Se il gruppo terroristico dato per finito, invece non lo è, un arci nemico dipinto come una delle maggiori minacce per gli Stati uniti, secondo l’Intelligence Usa, non costituirebbe un pericolo immediato. Sull’Iran, infatti, i servizi segreti non hanno raccolto prove che potrebbero giustificare una rottura degli accordi, nonostante l’anno scorso Trump abbia escluso gli Usa dall’intesa voluta da Obama, in quanto, a suo parere quel patto non avrebbe impedito all’Iran di continuare la sua corsa verso il nucleare. Ciò non è accaduto e secondo l’Intelligence, se dovesse accadere sarebbe perché l’Iran non riceve i benefici economici che si aspetta per aver rispettato gli impegni presi con la comunità internazionale.

LA COREA DEL NORD, invece, al contrario di quella che è la narrativa di Trump, «è improbabile che rinunci a tutte le sue scorte nucleari». Dopo il summit dell’anno scorso a Singapore con il nordcoreano Kim Jong Un, dove i due leader hanno concordato di lavorare per una «completa denuclearizzazione della penisola coreana», The Donald ha affermato che la Corea del Nord «non è più una minaccia nucleare». Da allora Trump non ha solo ripetuto questa affermazione, ma ha detto che i negoziati con la Corea del Nord per porre fine al suo programma nucleare stanno procedendo più che bene, e si è impegnato a incontrare nuovamente Kim alla fine di febbraio.
Trump ha invece sempre fornito molti dati riguardo la crisi al confine tra Stati uniti e Messico, problema (inesistente) considerato emergenza nazionale, ma che i servizi segreti Usa non hanno nemmeno menzionato nella loro valutazione.

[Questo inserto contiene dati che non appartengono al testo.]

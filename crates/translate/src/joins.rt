//! The automaton of two operands joined, at one position or at each.
ghost use Rattle.std.specs.Prelude.{◌≡◌, ◌<◌, ◌+◌, ◌^◌, ◌++◌, [], ◌∷◌, length, IfOk};
ghost use Rattle.diagrams.specs.Tree.{Assignment};
ghost use Rattle.diagrams.specs.Live.{Keeps, Means};
ghost use Rattle.automata.specs.Table.{Fits};
ghost use Rattle.obligations.specs.Value.{IsBody, FitsCells, cell};
ghost use Rattle.obligations.specs.Inclusion.{later};
ghost use Rattle.translate.specs.Exact.{accepted, IsLeastOf};
ghost use Rattle.diagrams.specs.Eval.{is_one, literal_value};
ghost use Rattle.translate.specs.Joined.{IsJoin, joined, repeated, awaited, stepped};

use crate::least::solved;
use crate::operands::{Asked, Operands, operand, operand_and_end, two_operands};
use automata::Automaton;
use bes_io::Memory;
use diagrams::{Id, Op, Store};
use obligations::Cells;
use std::alloc::Global;

/// The diagrams of the operands' obligations, as they are asked for.
pub(crate) fn literals(store: &mut Store, of: &Operands) -> Result<(Id, Id), Memory>
    requires first { of.now.first < 2 ^ 31 }
    requires second { of.now.second < 2 ^ 31 }
    ensures keeps { Keeps store.old store.new }
    ensures first { IfOk result (λ made. Means store.new made.0 (literal_value (store.old.props + of.now.first))) }
    ensures second { IfOk result (λ made. Means store.new made.1 (literal_value (store.old.props + of.now.second))) }
{
    let props = store.props();
    let first = store.literal(props + of.first)?;
    let second = store.literal(props + of.second)?;
    Ok((first, second))
}

/// The automaton of the words on which the operands hold as an operation joins them.
pub(crate) fn joined_now(
    alloc: Global,
    store: &mut Store,
    op: Op,
    of: &Operands,
) -> Result<Automaton, Memory>
    requires op { IsJoin op }
    requires fits { FitsCells store.old of.now.cells }
    requires first { of.now.first < length of.now.cells }
    requires second { of.now.second < length of.now.cells }
    ensures keeps { Keeps store.old store.new }
    ensures least { IfOk result (λ made. IsLeastOf store.new made
        (λ w. joined op (cell store.old of.now.cells w of.now.first) (cell store.old of.now.cells w of.now.second))) }
{
    prove!(of.cells.len() <= 2147483647);
    let (first, second) = literals(store, of)?;
    let start = store.combine(op, first, second)?;
    solved(alloc, store, &of.cells, start)
}

/// The automaton of the words that two automata accept as an operation joins them.
pub(crate) fn joined_automata(
    alloc: Global,
    store: &mut Store,
    op: Op,
    a: &Automaton,
    b: &Automaton,
) -> Result<Automaton, Memory>
    requires op { IsJoin op }
    requires a { Fits store.old a.now }
    requires b { Fits store.old b.now }
    ensures keeps { Keeps store.old store.new }
    ensures least { IfOk result (λ made.
        IsLeastOf store.new made (λ w. joined op (accepted store.old a.now w) (accepted store.old b.now w))) }
{
    let of = two_operands(alloc, store, a, b, Asked::Alone)?;
    joined_now(alloc, store, op, &of)
}

/// The body that joins another with the obligation `own` at the next position.
fn with_next(store: &mut Store, op: Op, now: Id, own: u32) -> Result<Id, Memory>
    requires op { IsJoin op }
    requires few { own < 2 ^ 31 }
    requires now { IsBody store.old own now }
    ensures keeps { Keeps store.old store.new }
    ensures body { IfOk result (λ id. IsBody store.new (own + 1) id) }
    ensures says { IfOk result (λ id.
        (a : Assignment) → is_one store.new id a ≡ joined op (is_one store.new now a) (later store.new own a)) }
{
    let props = store.props();
    let next = store.literal(props + own)?;
    store.combine(op, now, next)
}

/// The automaton of the words on which one more obligation holds, with this end value and body, which may name it.
pub(crate) fn solved_with(
    alloc: Global,
    store: &mut Store,
    mut cells: Cells,
    ends: bool,
    body: Id,
) -> Result<Automaton, Memory>
    requires fits { FitsCells store.old cells }
    requires body { IsBody store.old (length cells + 1) body }
    ensures keeps { Keeps store.old store.new }
    ensures least { IfOk result (λ made. IsLeastOf store.new made
        (λ w. cell store.old (cells ++ record { ends = ends; body = body } ∷ []) w (length cells))) }
{
    let props = store.props();
    let last = cells.add(ends, body)?;
    prove!(cells.len() <= 2147483647);
    let start = store.literal(props + last)?;
    solved(alloc, store, &cells, start)
}

/// The automaton of the words at whose positions the operand holds, as an operation joins them: at one with `Or`, at
/// each with `And`. On the empty word it is `ends`.
pub(crate) fn repeated_by(
    alloc: Global,
    store: &mut Store,
    op: Op,
    ends: bool,
    a: &Automaton,
) -> Result<Automaton, Memory>
    requires op { IsJoin op }
    requires fits { Fits store.old a.now }
    ensures keeps { Keeps store.old store.new }
    ensures least { IfOk result (λ made. IsLeastOf store.new made (repeated op ends (accepted store.old a.now))) }
{
    let mut cells = Cells::new(alloc);
    let now = operand(alloc, store, &mut cells, a, Asked::WithInclusions)?;
    let body = with_next(store, op, cells.body(now), cells.len())?;
    solved_with(alloc, store, cells, ends, body)
}

/// The automaton of the words on which the second operand holds, joined with what joins the first and the same at the
/// next position. On the empty word it is `ends`.
pub(crate) fn awaited_by(
    alloc: Global,
    store: &mut Store,
    outer: Op,
    inner: Op,
    ends: bool,
    a: &Automaton,
    b: &Automaton,
) -> Result<Automaton, Memory>
    requires outer { IsJoin outer }
    requires inner { IsJoin inner }
    requires a { Fits store.old a.now }
    requires b { Fits store.old b.now }
    ensures keeps { Keeps store.old store.new }
    ensures least { IfOk result (λ made.
        IsLeastOf store.new made (awaited outer inner ends (accepted store.old a.now) (accepted store.old b.now))) }
{
    let of = two_operands(alloc, store, a, b, Asked::WithInclusions)?;
    let now = of.cells.body(of.second);
    let rest = with_next(store, inner, of.cells.body(of.first), of.cells.len())?;
    let body = store.combine(outer, now, rest)?;
    solved_with(alloc, store, of.cells, ends, body)
}

/// The automaton of the words on whose next position the operand holds, joined with whether no letter is left there,
/// or with `false` for `ends` whether one is. On the empty word it is `ends`.
pub(crate) fn stepped_by(
    alloc: Global,
    store: &mut Store,
    op: Op,
    ends: bool,
    a: &Automaton,
) -> Result<Automaton, Memory>
    requires op { IsJoin op }
    requires fits { Fits store.old a.now }
    ensures keeps { Keeps store.old store.new }
    ensures least { IfOk result (λ made. IsLeastOf store.new made (stepped op ends (accepted store.old a.now))) }
{
    let of = operand_and_end(alloc, store, a, Asked::Alone, ends)?;
    prove!(of.cells.len() <= 2147483647);
    let (next, end) = literals(store, &of)?;
    let body = store.combine(op, end, next)?;
    solved_with(alloc, store, of.cells, ends, body)
}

ANCHE SUL CAMBIAMENTO climatico intelligence e presidenza non sono dello stesso parere. Trump considera il cambiamento climatico una bufala messa in giro dai cinesi per danneggiare l’economia americana, e, come fanno i negazionisti, ogni volta che si imbatte in temperature rigide non perde occasione per mettere in discussione il riscaldamento globale, confondendo meteo e clima. Mentre Trump twittava che «nello splendido Midwest le temperature stanno raggiungendo i -60 («che diavolo sta succedendo al Global Warming? Per favore, torna veloce, abbiamo bisogno di te!»), l’intelligence riferiva che il possibile «danno irreversibile» causato dai cambiamenti climatici potrebbe creare sfide per la sicurezza, in quanto le persone lotteranno per le risorse.

LA COSA DA VEDERE, ora, è se la valutazione dell’intelligence avrà qualche effetto sulla politica estera Usa, o se il presidente continuerà a marciare per la sua strada parallela.

Al momento non sembrerebbe sortire effetti: su Twitter Trump ha reagito definendo «passiva e naïve» l’intelligence Usa, continuando a difendere la Corea del Nord e ad attaccare l’Iran. E definendo «perdita di tempo» gli sforzi bipartisan per risolvere la crisi creata da lui per la costruzione del muro al confine con il Messico.